# Label Images from Videos

This project intended to detect cars from a dashcam video stream. In order to detect cars, labeled images of cars on road with bounding box information is needed to train the machine learning model.

This notebook tries to label the images from such videos instead of training the models on publically available data, which may have limitations.

The videos are captured from Car's dashcam and are placed in 'vids/to_label' directory. With computer vision library, the videos are streamed frame by frame manually. Interesting images of cars as well as non-cars may then be saved by the labeler.

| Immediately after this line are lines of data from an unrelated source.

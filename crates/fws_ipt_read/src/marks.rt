//! Marks: numbers of 32 bits with masks.

ghost use Rattle.std.specs.Prelude.{◌≡◌, ◌≤◌, length, IfSome};
ghost use Rattle.std.specs.Option.{option_map_or};
ghost use Rattle.fws_net.specs.Reading.{CauseGiven};
ghost use Rattle.fws_ipt.specs.Values.{hex_digit, hex_after, hex_of, number_of, masked_of, is_full_mask, tested_mark, mark_value, set_whole, xmark_value, set_plain, set_mark_value};

use fws_net::{Cause, ReadFault};
use fws_num::{read_dec, split_once};
use fws_rules::demand;

/// The value of a hexadecimal digit.
fn hex_digit(c: u8) -> Option<u8>
    ensures value { result ≡ hex_digit c }
    ensures small { IfSome result (λ d. d ≤ 15) }
{
    match c {
        b'0'..=b'9' => Some(c - b'0'),
        b'a'..=b'f' => Some(c - b'a' + 10),
        b'A'..=b'F' => Some(c - b'A' + 10),
        _ => None,
    }
}

/// The number of hexadecimal digits.
fn hex_value(digits: &[u8]) -> Option<u64>
    requires { length digits.now ≤ 16 }
    ensures { result ≡ hex_after 0 digits.now }
{
    let mut value: u64 = 0;
    for c in digits {
        let digit = hex_digit(*c)?;
        value = value * 16 + u64::from(digit);
    }
    Some(value)
}

/// The number of 32 bits that 1 to 16 hexadecimal digits spell.
fn read_hex(digits: &[u8]) -> Option<u32>
    ensures { result ≡ hex_of digits.now }
{
    if digits.is_empty() || digits.len() > 16 {
        return None;
    }
    let value = hex_value(digits)?;
    if value <= u64::from(u32::MAX) {
        Some(value as u32)
    } else {
        None
    }
}

/// The number of 32 bits, in decimals or behind `0x` in hexadecimals.
fn read_number(text: &[u8]) -> Option<u32>
    ensures { result ≡ number_of text.now }
{
    match text {
        [b'0', b'x', digits @ ..] => read_hex(digits),
        _ => Some(read_dec(text, u64::from(u32::MAX))? as u32),
    }
}

/// The number, and the mask behind a slash, if there is one.
fn read_masked(text: &[u8]) -> Option<(u32, Option<u32>)>
    ensures { result ≡ masked_of text.now }
{
    match split_once(text, b'/') {
        Some((value, mask)) => {
            let value = read_number(value)?;
            let mask = read_number(mask)?;
            Some((value, Some(mask)))
        }
        None => Some((read_number(text)?, None)),
    }
}

/// The mark that is tested whole: without a mask, or with the full one.
fn tested_mark(value: (u32, Option<u32>)) -> Result<u32, ReadFault>
    ensures { CauseGiven result (tested_mark value) }
{
    match value.1 {
        None | Some(u32::MAX) => Ok(value.0),
        Some(_) => Err(ReadFault::Bad(Cause::LeftOut)),
    }
}

/// The value of `--mark`.
pub(crate) fn read_mark(text: &[u8]) -> Result<u32, ReadFault>
    ensures { CauseGiven result (mark_value text.now) }
{
    let value = demand(read_masked(text))?;
    tested_mark(value)
}

/// The mark that is set whole: with the full mask.
fn set_whole(value: (u32, Option<u32>)) -> Result<u32, ReadFault>
    ensures { CauseGiven result (set_whole value) }
{
    match value.1 {
        None => Err(ReadFault::Bad(Cause::Syntax)),
        Some(u32::MAX) => Ok(value.0),
        Some(_) => Err(ReadFault::Bad(Cause::LeftOut)),
    }
}

/// The value of `--set-xmark`: a number with the full mask behind a slash. Another mask is left out.
pub(crate) fn read_xmark(text: &[u8]) -> Result<u32, ReadFault>
    ensures { CauseGiven result (xmark_value text.now) }
{
    let value = demand(read_masked(text))?;
    set_whole(value)
}

/// The mark that is set without a mask.
fn set_plain(value: (u32, Option<u32>)) -> Result<u32, ReadFault>
    ensures { CauseGiven result (set_plain value) }
{
    match value.1 {
        None => Ok(value.0),
        Some(_) => Err(ReadFault::Bad(Cause::LeftOut)),
    }
}

/// The value of `--set-mark`: a number. One with a mask is left out.
pub(crate) fn read_set_mark(text: &[u8]) -> Result<u32, ReadFault>
    ensures { CauseGiven result (set_mark_value text.now) }
{
    let value = demand(read_masked(text))?;
    set_plain(value)
}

This notebook allows user to drag a bounding box around a car, and then save the image in the directory 'data/c' (labelled as car), the bounding box information is stored in a csv representing the coordinates (pixel number) of the four corners of the bounding box.
Images with no car(background) are stroed in the directory 'data/n'.

In this notebook, the from videop stream frames are saved from the videos. the frames with Car in it is going to be labelled as 1, other frames with no car (background) will be labelled as 0.
The images with Car also have a bounding box, (inserted manually) which will be used for training and bounding box prediction

In [2]:
#importing necessary libraries, computer vision for image and video processing, video presenting, os for file management 
import cv2 as cv
import os
import numpy as np
import math

## Utility functions

In [3]:
#this function rescales the image to a given scale size. missing information is restored by cv library's interpolation argument
def rescaleFrame(frame, scale=0.5):
    width = int(frame.shape[1] * scale)
    height= int(frame.shape[0] * scale)
    dims  = (width,height)
    
    return cv.resize(frame, dims, interpolation=cv.INTER_AREA)

In [4]:
#this function rotates image to a given angle
def rotateImage(image, angle):
    
    #first two dimensions only
    h, w = image.shape[:2]
    
    #center point of the image
    img_c = (w / 2, h / 2)

    #returns rotation angle
    rot = cv.getRotationMatrix2D(img_c, angle, 1)

    rad = math.radians(angle)
    sin = math.sin(rad)
    cos = math.cos(rad)
    b_w = int((h * abs(sin)) + (w * abs(cos)))
    b_h = int((h * abs(cos)) + (w * abs(sin)))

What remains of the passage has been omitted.